If you prefer to avoid the mutual recursion, you could make the auxiliary function return the leftover list as a second value instead of calling chunkify on it, like so:
;; chunkify : (listof number) -> (listof (non-empty-listof number))
;; Split list into maximal contiguous segments.
(define (chunkify lst)
(cond [(null? lst) null]
[else
(let-values ([(chunk tail) (get-chunk (cdr lst) (list (car lst)))])
(cons chunk (chunkify tail)))]))
;; get-chunk : (listof number) (non-empty-listof number)
;; -> (values (non-empty-listof number) (listof number))
;; Consumes a single chunk, returns chunk and unused tail.
;; rchunk is the prefix of the current chunk seen so far, reversed
(define (get-chunk lst rchunk)
(cond [(and (pair? lst)
(= (car lst) (add1 (car rchunk))))
(get-chunk (cdr lst)
(cons (car lst) rchunk))]
[else (values (reverse rchunk) lst)]))
I can think of a simple, straightforward solution using a single procedure with only primitive list operations and tail recursion (no values, let-values, call-with-values) - and it's pretty efficient. It works with all of your test cases, at the cost of adding a couple of if expressions during initialization for handling the empty list case.
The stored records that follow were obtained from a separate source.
//! Requests in memory of which one allocation fails: one of them isn't answered, or is answered with a storage error and, if
//! it may change something, told as lacking memory; what takes no memory answers as before; made again it is answered as it
//! should be, and told that memory sufficed.

use crate::tests::runs::{MOST, OF_A_FOLLOWER, OF_A_LEADER, Run, given};
use broker_node::{GROUP_TOPIC, Memory, Node, may_change};
use refusing_alloc::Refusing;
use sample_brokers::brokers::{answers_of, has_answers, new_node};
use sample_brokers::exchanges::Exchange;
use sample_brokers::small::request_in;
use sample_brokers::stores::{BOTH, Kept};
use segment::{BatchStore, SegStore, VecStore};
use std::alloc::{AllocError, Allocator};

/// The end of partition 0 of a topic.
fn end<S: BatchStore>(node: &Node<S>, topic: &[u8]) -> i64 {
    node.log(topic, 0).map_or(-1, |log| log.end())
}

/// Whether the partitions end as they should.
fn has_ends<S: BatchStore>(node: &Node<S>, ends: (i64, i64, i64)) -> bool {
    (end(node, b"t"), end(node, b"u"), end(node, GROUP_TOPIC)) == ends
}

/// What came of a request.
#[derive(Clone, Copy, PartialEq, Eq)]
enum Came {
    /// Its response, and memory sufficed.
    Answered,
    /// Nothing, for lack of memory.
    Unanswered,
    /// A storage error, and memory lacked; or, of a request that only reads, memory sufficed.
    Failed,
    /// Something else.
    Wrong,
}

/// What came of a request of which this was told and that appended this.
fn came_of(exchange: &Exchange, told: Result<Memory, AllocError>, appended: &[u8]) -> Came {
    let lacked = if exchange.changes {
        Memory::Lacked
    } else {
        Memory::Sufficed
    };
    match told {
        Ok(Memory::Sufficed) if appended == exchange.response => Came::Answered,
        Ok(memory) if memory == lacked && exchange.failed == Some(appended) => Came::Failed,
        Err(AllocError) if appended.is_empty() => Came::Unanswered,
        _ => Came::Wrong,
    }
}

/// Sends a request once.
fn once<S: BatchStore, A: Allocator + Copy>(
    heap: A,
    node: &mut Node<S>,
    exchange: &Exchange,
) -> Came {
    let Some(request) = request_in(exchange.request) else {
        return Came::Wrong;
    };
    let mut out = Vec::new(heap);
    let told = node.handle_exactly(&request, &mut out);
    if may_change(&request.body) == exchange.changes {
        came_of(exchange, told, &out)
    } else {
        Came::Wrong
    }
}

/// Sends a request, and again where memory lacked, which must have changed no answer. One without a response changes
/// some where memory sufficed.
fn sent<S: BatchStore, A: Allocator + Copy, B: Allocator + Copy>(
    heap: A,
    alloc: B,
    node: &mut Node<S>,
    exchange: &Exchange,
) -> Came {
    let Ok(before) = answers_of(alloc, node) else {
        return Came::Wrong;
    };
    let came = once(heap, node, exchange);
    let is_right = match came {
        Came::Answered => !(exchange.response.is_empty() && has_answers(alloc, node, &before)),
        Came::Unanswered | Came::Failed => {
            has_answers(alloc, node, &before) && once(heap, node, exchange) == Came::Answered
        }
        Came::Wrong => false,
    };
    if is_right { came } else { Came::Wrong }
}

/// The bit of a request that lacked memory: of its response, or of its work. 0 where it didn't.
fn bit(came: Came, index: u32) -> Option<u64> {
    match came {
        Came::Answered => Some(0),
        Came::Unanswered => 1_u64.checked_shl(2 * (index % 32)),
        Came::Failed => 2_u64.checked_shl(2 * (index % 32)),
        Came::Wrong => None,
    }
}

/// The bits of the requests that lack memory; none where something else comes of one, or the partitions end elsewhere.
fn lacking_of<S: BatchStore, A: Allocator + Copy, B: Allocator + Copy>(
    heap: A,
    alloc: B,
    node: &mut Node<S>,
    run: &Run,
) -> Option<u64> {
    let mut bits = 0_u64;
    let mut index = 0_u32;
    for exchange in run.exchanges {
        bits |= bit(sent(heap, alloc, node, exchange), index)?;
        index = index.saturating_add(1);
    }
    if has_ends(node, run.ends) {
        Some(bits)
    } else {
        None
    }
}

/// The same of a new broker in this heap. Where there is no memory for it, none of the requests lacks any.
fn lacking<S: BatchStore, B: Allocator + Copy>(heap: S::Alloc, alloc: B, run: &Run) -> Option<u64> {
    match new_node::<S>(heap, run.role, 3, "t", 1) {
        Ok(mut node) => lacking_of(heap, alloc, &mut node, run),
        Err(_) => Some(0),
    }
}

/// The same of a broker that keeps batches so.
fn lacking_in<A: Allocator + Copy, B: Allocator + Copy>(
    kept: Kept,
    heap: A,
    alloc: B,
    run: &Run,
) -> Option<u64> {
    match kept {
        Kept::Apart => lacking::<VecStore<A>, B>(heap, alloc, run),
        Kept::EndToEnd => lacking::<SegStore<A>, B>(heap, alloc, run),
    }
}

/// The same where this allocation fails, and whether it is asked for; none where more is asked for at once than what was
/// given allows.
fn lacking_without<A: Allocator + Copy>(
    inner: A,
    kept: Kept,
    refused: u64,
    run: &Run,
) -> (Option<u64>, bool) {
    let heap = Refusing::new(inner, refused);
    let bits = lacking_in(kept, &heap, inner, run);
    let is_asked = heap.calls() >= refused;
    if heap.is_within(given(run)) {
        (bits, is_asked)
    } else {
        (None, is_asked)
    }
}

/// The bits of all requests that lack memory where one allocation fails, whichever that is; an error with the number of
/// one at which something else comes of them, or memory lacks though no allocation fails.
fn all_lacking<A: Allocator + Copy>(inner: A, kept: Kept, run: &Run) -> Result<u64, u64> {
    let mut all = 0_u64;
    for refused in 1..MOST {
        match lacking_without(inner, kept, refused, run) {
            (Some(bits), true) => all |= bits,
            (Some(0), false) => return Ok(all),
            _ => return Err(refused),
        }
    }
    Err(MOST)
}

#[test]
fn each_request_lacks_memory_once(rt: HostRuntime) {
    for kept in BOTH {
        let leads = all_lacking(rt.alloc(), kept, &OF_A_LEADER);
        let follows = all_lacking(rt.alloc(), kept, &OF_A_FOLLOWER);
        // both bits of each, from the first at the right, also of a Produce with acks 0, whose room is taken too; but for
        // Get, Cover, Trim, and those that clients ask first, whose work takes none
        assert_eq!(rt;
            leads,
            Ok(0b01_01_01_01_11_11_11_01_11_11_11_11_01_01_11_11_11)
        );
        assert_eq!(rt; follows, Ok(0b01_11_11_11));
    }
}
It's up to you to decide if this is concise:
(define (chunkify lst)
(let ((lst (reverse lst))) ; it's easier if we reverse the input list first
(let loop ((lst (if (null? lst) '() (cdr lst))) ; list to chunkify
(cur (if (null? lst) '() (list (car lst)))) ; current sub-list
(acc '())) ; accumulated answer
(cond ((null? lst) ; is the input list empty?
(cons cur acc))
((= (add1 (car lst)) (car cur)) ; is this a consecutive number?
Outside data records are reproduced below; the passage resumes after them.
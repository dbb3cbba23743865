//! A caller of the parts: a whole response, in room that is taken first.

ghost use Rattle.std.specs.Prelude.{◌≡◌, ◌≤◌, ◌++◌, [], ◌∷◌, length, OnOk, OnErr};
ghost use Rattle.responses.specs.Responses.{response};
ghost use Rattle.responses.specs.Produce.{produce_response, produce_value};

use request_frames::response::produce::{
    PRODUCE_TAIL_BYTES, PRODUCED_PARTITION_BYTES, ProducedPartition, produce_tail, produced_bytes,
};
use request_frames::response::{
    COUNT_BYTES, RESPONSE_HEAD_BYTES, TOPIC_HEAD_BYTES, append_fixed, begin_response, begin_topic,
    count_bytes, finish_response,
};
use request_frames::response_laws::produce_parts;
use std::alloc::{AllocError, Allocator};

/// The number of bytes of a Produce response of one partition, but for the topic's name.
const ONE_BYTES: usize = RESPONSE_HEAD_BYTES
    + COUNT_BYTES
    + TOPIC_HEAD_BYTES
    + PRODUCED_PARTITION_BYTES
    + PRODUCE_TAIL_BYTES;

/// Appends a Produce response of one partition.
///
/// # Errors
///
/// `AllocError` where the one allocation fails; then the output is as before.
pub fn put_one<A: Allocator + Copy>(
    out: &mut Vec<u8, A>,
    correlation: i32,
    name: &[u8],
    partition: ProducedPartition,
) -> Result<(), AllocError>
    ensures appends_response { OnOk result (out.new.items ≡ out.old.items ++ response correlation
        produce_response (produce_value (record { name = name.now; entries = partition ∷ [] } ∷ []))) }
    ensures unchanged_on_error { OnErr result (out.new.items ≡ out.old.items) }
{
    // A law for the proof: the parts are the whole.
    produce_parts();
    let start = out.len();
    out.reserve(ONE_BYTES + name.len())?;
    let Ok(()) = begin_response(out, correlation) else {
        unreachable!()
    };
    let Ok(()) = append_fixed(out, &count_bytes(1)) else {
        unreachable!()
    };
    let Ok(()) = begin_topic(out, name, 1) else {
        unreachable!()
    };
    let Ok(()) = append_fixed(out, &produced_bytes(partition)) else {
        unreachable!()
    };
    let Ok(()) = append_fixed(out, &produce_tail()) else {
        unreachable!()
    };
    finish_response(out, start);
    Ok(())
}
(loop (cdr lst) (cons (car lst) cur) acc))
(else ; time to create a new sub-list
(loop (cdr lst) (list (car lst)) (cons cur acc)))))))
Yet another way to do it.
#lang racket
(define (split-between pred xs)
(let loop ([xs xs]
[ys '()]
[xss '()])
(match xs
[(list) (reverse (cons (reverse ys) xss))]
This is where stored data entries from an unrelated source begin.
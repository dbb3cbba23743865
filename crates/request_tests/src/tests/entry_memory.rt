//! Requests in memory of which one allocation fails, behind an output that holds something: each entry of a request is
//! answered by itself, and what isn't answered leaves the output as it was, and each partition that took nothing answers
//! as before. The bytes are worked out from docs/FORMATS.md.

use broker_node::{GROUP_TOPIC, Node, Role};
use refusing_alloc::Refusing;
use sample_brokers::brokers::{CONFIGURED, new_node, partition_answers};
use sample_brokers::exchanges::STORE_REQUEST;
use sample_brokers::small::request_in;
use sample_brokers::stores::{BOTH, Kept};
use segment::{BatchStore, SegStore, VecStore};
use std::alloc::{AllocError, Allocator};

/// What stands in the output before.
const OLD: &[u8] = b"old";

/// A Produce request for partitions 0 and 1 of `t`: `a` = 1 for each.
const STORE_BOTH: &[u8] =
    b"\0\0\0\xb9\0\0\0\x03\0\0\0\x07\xff\xff\xff\xff\0\x01\0\0\x03\xe8\0\0\0\x01\0\x01t\0\0\0\x02\0\0\0\0\0\0\0F\0\0\0\0\0\0\0\0\0\0\0:\0\0\0\0\x022\xc83\x8d\0\0\0\0\0\0\0\0\0\0\0\0\0\0\0\0\0\0\0\0\0\0\xff\xff\xff\xff\xff\xff\xff\xff\xff\xff\xff\xff\xff\xff\0\0\0\x01\x10\0\0\0\x02a\x021\0\0\0\0\x01\0\0\0F\0\0\0\0\0\0\0\0\0\0\0:\0\0\0\0\x022\xc83\x8d\0\0\0\0\0\0\0\0\0\0\0\0\0\0\0\0\0\0\0\0\0\0\xff\xff\xff\xff\xff\xff\xff\xff\xff\xff\xff\xff\xff\xff\0\0\0\x01\x10\0\0\0\x02a\x021\0";

/// An OffsetCommit request of group `g`: offset 10 of partition 0 of `t`, and 11 of partition 1.
const COMMITS: &[u8] =
    b"\0\0\0B\0\x08\0\x02\0\0\0\x07\xff\xff\0\x01g\xff\xff\xff\xff\0\0\xff\xff\xff\xff\xff\xff\xff\xff\0\0\0\x01\0\x01t\0\0\0\x02\0\0\0\0\0\0\0\0\0\0\0\x0a\0\0\0\0\0\x01\0\0\0\0\0\0\0\x0b\0\0";

/// An OffsetFetch request for both.
const POSITIONS: &[u8] =
    b"\0\0\0\x20\0\x09\0\x01\0\0\0\x07\xff\xff\0\x01g\0\0\0\x01\0\x01t\0\0\0\x02\0\0\0\0\0\0\0\x01";

/// A Clean request for partition 0 of `t`, for the offsets below 2.
const CLEAN: &[u8] =
    b"\0\0\0!N!\0\0\0\0\0\x07\xff\xff\0\x01t\0\0\0\0\0\0\0\0\0\0\0\x02\0\0\0\0\0\0\0\0";

/// A Clean request of version 1 for partition 0 of `t`: for the offset 1, where records below 3 supersede.
const CLEAN_PART: &[u8] =
    b"\0\0\01N!\0\x01\0\0\0\x07\xff\xff\0\x01t\0\0\0\0\0\0\0\0\0\0\0\x01\0\0\0\0\0\0\0\x02\0\0\0\0\0\0\0\x03\0\0\0\0\0\0\0\0";

/// The partitions that the requests name.
static PLACES: [(&[u8], i32); 3] = [(b"t", 0), (b"t", 1), (GROUP_TOPIC, 0)];

/// What comes of a request: the bytes that it appends, and how many batches each of these partitions keeps then.
type Outcome = (&'static [u8], [usize; 3]);

/// Requests that are answered before, a request, and what may come of it. Where nothing comes of it, the partitions keep
/// what they did before.
struct Case {
    before: &'static [&'static [u8]],
    request: &'static [u8],
    outcomes: &'static [Outcome],
}

static CASES: [Case; 5] = [
    Case {
        before: &[],
        request: STORE_BOTH,
        outcomes: &[
            (b"", [0, 0, 0]),
            (
                b"\0\0\0?\0\0\0\x07\0\0\0\x01\0\x01t\0\0\0\x02\0\0\0\0\08\xff\xff\xff\xff\xff\xff\xff\xff\xff\xff\xff\xff\xff\xff\xff\xff\0\0\0\x01\0\0\0\0\0\0\0\0\0\0\xff\xff\xff\xff\xff\xff\xff\xff\0\0\0\0",
                [0, 1, 0],
            ),
            (
                b"\0\0\0?\0\0\0\x07\0\0\0\x01\0\x01t\0\0\0\x02\0\0\0\0\0\0\0\0\0\0\0\0\0\0\xff\xff\xff\xff\xff\xff\xff\xff\0\0\0\x01\08\xff\xff\xff\xff\xff\xff\xff\xff\xff\xff\xff\xff\xff\xff\xff\xff\0\0\0\0",
                [1, 0, 0],
            ),
            (
                b"\0\0\0?\0\0\0\x07\0\0\0\x01\0\x01t\0\0\0\x02\0\0\0\0\0\0\0\0\0\0\0\0\0\0\xff\xff\xff\xff\xff\xff\xff\xff\0\0\0\x01\0\0\0\0\0\0\0\0\0\0\xff\xff\xff\xff\xff\xff\xff\xff\0\0\0\0",
                [1, 1, 0],
            ),
        ],
    },
    Case {
        before: &[],
        request: COMMITS,
        outcomes: &[
            (b"", [0, 0, 0]),
            (
                b"\0\0\0\x1b\0\0\0\x07\0\0\0\x01\0\x01t\0\0\0\x02\0\0\0\0\08\0\0\0\x01\0\0",
                [0, 0, 1],
            ),
            (
                b"\0\0\0\x1b\0\0\0\x07\0\0\0\x01\0\x01t\0\0\0\x02\0\0\0\0\0\0\0\0\0\x01\08",
                [0, 0, 1],
            ),
            (
                b"\0\0\0\x1b\0\0\0\x07\0\0\0\x01\0\x01t\0\0\0\x02\0\0\0\0\0\0\0\0\0\x01\0\0",
                [0, 0, 2],
            ),
        ],
    },
    Case {
        before: &[COMMITS],
        request: POSITIONS,
        outcomes: &[
            (b"", [0, 0, 2]),
            (
                b"\0\0\0/\0\0\0\x07\0\0\0\x01\0\x01t\0\0\0\x02\0\0\0\0\xff\xff\xff\xff\xff\xff\xff\xff\0\0\08\0\0\0\x01\0\0\0\0\0\0\0\x0b\0\0\0\0",
                [0, 0, 2],
            ),
            (
                b"\0\0\0/\0\0\0\x07\0\0\0\x01\0\x01t\0\0\0\x02\0\0\0\0\0\0\0\0\0\0\0\x0a\0\0\0\0\0\0\0\x01\xff\xff\xff\xff\xff\xff\xff\xff\0\0\08",
                [0, 0, 2],
            ),
            (
                b"\0\0\0/\0\0\0\x07\0\0\0\x01\0\x01t\0\0\0\x02\0\0\0\0\0\0\0\0\0\0\0\x0a\0\0\0\0\0\0\0\x01\0\0\0\0\0\0\0\x0b\0\0\0\0",
                [0, 0, 2],
            ),
        ],
    },
    Case {
        before: &[STORE_REQUEST, STORE_REQUEST],
        request: CLEAN,
        outcomes: &[
            (b"", [2, 0, 0]),
            (
                b"\0\0\0\x1e\0\0\0\x07\08\0\0\0\0\0\0\0\0\0\0\0\0\0\0\0\0\0\0\0\0\0\0\0\0",
                [2, 0, 0],
            ),
            (
                b"\0\0\0\x1e\0\0\0\x07\0\0\0\0\0\0\0\0\0\x01\0\0\0\0\0\0\0\0\0\0\0\0\0\0\0\x01",
                [1, 0, 0],
            ),
        ],
    },
    Case {
        before: &[STORE_REQUEST, STORE_REQUEST, STORE_REQUEST],
        request: CLEAN_PART,
        outcomes: &[
            (b"", [3, 0, 0]),
            (
                b"\0\0\0\x1e\0\0\0\x07\08\0\0\0\0\0\0\0\0\0\0\0\0\0\0\0\0\0\0\0\0\0\0\0\0",
                [3, 0, 0],
            ),
            (
                b"\0\0\0\x1e\0\0\0\x07\0\0\0\0\0\0\0\0\0\x01\0\0\0\0\0\0\0\0\0\0\0\0\0\0\0\x01",
                [2, 0, 0],
            ),
        ],
    },
];

/// More allocations than a case asks for.
const MOST: u64 = 200;

/// How many batches a partition keeps.
fn batches<S: BatchStore>(node: &Node<S>, (topic, partition): (&[u8], i32)) -> usize {
    node.log(topic, partition).map_or(0, |log| log.len())
}

/// How many batches each of the partitions keeps.
fn counts<S: BatchStore>(node: &Node<S>) -> [usize; 3] {
    [
        batches(node, PLACES[0]),
        batches(node, PLACES[1]),
        batches(node, PLACES[2]),
    ]
}

/// How many batches each of the partitions keeps, and what it answers without taking memory.
fn shown<S: BatchStore, B: Allocator + Copy>(
    alloc: B,
    node: &Node<S>,
) -> Result<Vec<(usize, Vec<u8, B>), B>, AllocError> {
    let mut shown = Vec::new(alloc);
    for (topic, partition) in &PLACES {
        let answers = partition_answers(alloc, node, topic, *partition)?;
        shown.push((batches(node, (topic, *partition)), answers))?;
    }
    Ok(shown)
}

/// Whether each partition that keeps as many batches as before answers as before.
fn are_same<B: Allocator + Copy>(
    before: &[(usize, Vec<u8, B>)],
    now: &[(usize, Vec<u8, B>)],
) -> bool {
    let mut all = before.len() == now.len();
    for ((count, answers), (count_now, answers_now)) in before.iter().zip(now) {
        all = all && (count != count_now || answers == answers_now);
    }
    all
}

/// The bit of the outcome that came, of which the first has the lowest; none where something else came.
fn bit_of(outcomes: &[Outcome], came: (&[u8], [usize; 3])) -> Option<u32> {
    let mut bit = 1_u32;
    for outcome in outcomes {
        if *outcome == came {
            return Some(bit);
        }
        bit = bit.wrapping_mul(2);
    }
    None
}

/// Whether a request is answered, with what stands behind the output.
fn is_answered<S: BatchStore, A: Allocator + Copy>(
    node: &mut Node<S>,
    frame: &'static [u8],
    out: &mut Vec<u8, A>,
) -> bool {
    match request_in(frame) {
        Some(request) => node.handle(&request, out).is_ok(),
        None => false,
    }
}

/// Whether the requests before are all answered, and the partitions keep what they should then.
fn is_ready<S: BatchStore, A: Allocator + Copy>(heap: A, node: &mut Node<S>, case: &Case) -> bool {
    let mut out = Vec::new(heap);
    for request in case.before {
        if !is_answered(node, request, &mut out) {
            return false;
        }
    }
    match case.outcomes.first() {
        Some(first) => counts(node) == first.1,
        None => false,
    }
}

/// What a case's request appends to an output that holds something, and the bit of what comes of it; none where something
/// else comes of it.
fn answered<S: BatchStore, A: Allocator + Copy>(
    node: &mut Node<S>,
    case: &Case,
    out: &mut Vec<u8, A>,
) -> Option<u32> {
    let is_answered = is_answered(node, case.request, out);
    let appended = out.strip_prefix(OLD)?;
    if is_answered == appended.is_empty() {
        return None;
    }
    bit_of(case.outcomes, (appended, counts(node)))
}

/// The bit of what comes of a case's request; none where something else comes of it, or a partition that took nothing
/// answers in another way, and 0 where it isn't made, since memory lacked before.
fn came_of<S: BatchStore, A: Allocator + Copy, B: Allocator + Copy>(
    heap: A,
    alloc: B,
    node: &mut Node<S>,
    case: &Case,
) -> Option<u32> {
    if !is_ready(heap, node, case) {
        return Some(0);
    }
    let Ok(mut out) = OLD.to_vec(heap) else {
        return Some(0);
    };
    let before = shown(alloc, node).ok()?;
    let bit = answered(node, case, &mut out)?;
    let now = shown(alloc, node).ok()?;
    if are_same(&before, &now) {
        Some(bit)
    } else {
        None
    }
}

/// The same with a new broker in this heap.
fn came_in<S: BatchStore, B: Allocator + Copy>(
    heap: S::Alloc,
    alloc: B,
    case: &Case,
) -> Option<u32> {
    match new_node::<S>(heap, Role::Leader, 3, "t", 1) {
        Ok(mut node) => came_of(heap, alloc, &mut node, case),
        Err(_) => Some(0),
    }
}

/// The same with one that keeps batches so.
fn came_with<A: Allocator + Copy, B: Allocator + Copy>(
    kept: Kept,
    heap: A,
    alloc: B,
    case: &Case,
) -> Option<u32> {
    match kept {
        Kept::Apart => came_in::<VecStore<A>, B>(heap, alloc, case),
        Kept::EndToEnd => came_in::<SegStore<A>, B>(heap, alloc, case),
    }
}

/// How many bytes the broker of a case is made of and given.
fn given(case: &Case) -> usize {
    let mut bytes = CONFIGURED.saturating_add(case.request.len());
    for request in case.before {
        bytes = bytes.saturating_add(request.len());
    }
    bytes
}

/// The same where this allocation fails, and whether it is asked for; none where more is asked for at once than what was
/// given allows.
fn came_without<A: Allocator + Copy>(
    inner: A,
    kept: Kept,
    refused: u64,
    case: &Case,
) -> (Option<u32>, bool) {
    let heap = Refusing::new(inner, refused);
    let bit = came_with(kept, &heap, inner, case);
    let is_asked = heap.calls() >= refused;
    if heap.is_within(given(case)) {
        (bit, is_asked)
    } else {
        (None, is_asked)
    }
}

/// The bits of all that comes of a case's request where one allocation fails, whichever that is; none where something
/// else comes of it.
fn all_that_comes<A: Allocator + Copy>(inner: A, kept: Kept, case: &Case) -> Option<u32> {
    let mut all = 0_u32;
    for refused in 1..MOST {
        let (bit, is_asked) = came_without(inner, kept, refused, case);
        all |= bit?;
        if !is_asked {
            return Some(all);
        }
    }
    None
}

/// The name of each case, and the bits of what comes of it: all of its outcomes.
static WANTED: [(&str, u32); 5] = [
    ("Produce", 0b1111),
    ("OffsetCommit", 0b1111),
    ("OffsetFetch", 0b1111),
    ("Clean", 0b111),
    ("Clean of a part", 0b111),
];

#[test]
fn each_entry_lacks_memory_by_itself(rt: HostRuntime) {
    for ((name, wanted), case) in WANTED.iter().zip(&CASES) {
        for kept in BOTH {
            let all = all_that_comes(rt.alloc(), kept, case);
            assert!(rt; all == Some(*wanted), "{name}, {kept:?}: {all:?}");
        }
    }
}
[(list x) (reverse (cons (reverse (cons x ys)) xss))]
[(list x1 x2 more ...) (if (pred x1 x2)
(loop more (list x2) (cons (reverse (cons x1 ys)) xss))
(loop (cons x2 more) (cons x1 ys) xss))])))
(define (consecutive? x y)
(= (+ x 1) y))
(define (group-consecutives xs)
(split-between (λ (x y) (not (consecutive? x y)))
xs))
(group-consecutives '(1 2 3 5 6 7 9 10 11))
(group-consecutives '(1 2 3))
(group-consecutives '(1 3 4 5 7 9 10 11 13))
(group-consecutives '(1))
(group-consecutives '())
I want to play.
At the core this isn't really anything that's much different from what's
been offered but it does put it in terms of the for/fold loop. I've
grown to like the for loops as I think they make for much
more "viewable" (not necessarily readable) code. However, (IMO --
oops) during the early stages of getting comfortable with
racket/scheme I think it's best to stick to recursive expressions.
(define (chunkify lst)
(define-syntax-rule (consecutive? n chunk)
(= (add1 (car chunk)) n))
(if (null? lst)
'special-case:no-chunks
(reverse
(map reverse
(for/fold ([store `((,(car lst)))])
([n (cdr lst)])
(let*([chunk (car store)])
(cond
[(consecutive? n chunk)
(cons (cons n chunk) (cdr store))]
[else
(cons (list n) (cons chunk (cdr store)))])))))))
(for-each
(ƛ (lst)
(printf "input : ~s~n" lst)
(printf "output : ~s~n~n" (chunkify lst)))
'((1 2 3 5 6 7 9 10 11)
(1 2 3)
(1 3 4 5 7 9 10 11 13)
(1)
()))
Here's my version:
(define (chunkify lst)
(let loop ([lst lst] [last #f] [resint '()] [resall '()])
(if (empty? lst)
(append resall (list (reverse resint)))
(begin
(let ([ca (car lst)] [cd (cdr lst)])
(if (or (not last) (= last (sub1 ca)))
(loop cd ca (cons ca resint) resall)
(loop cd ca (list ca) (append resall (list (reverse resint))))))))))
It also works for the last test case.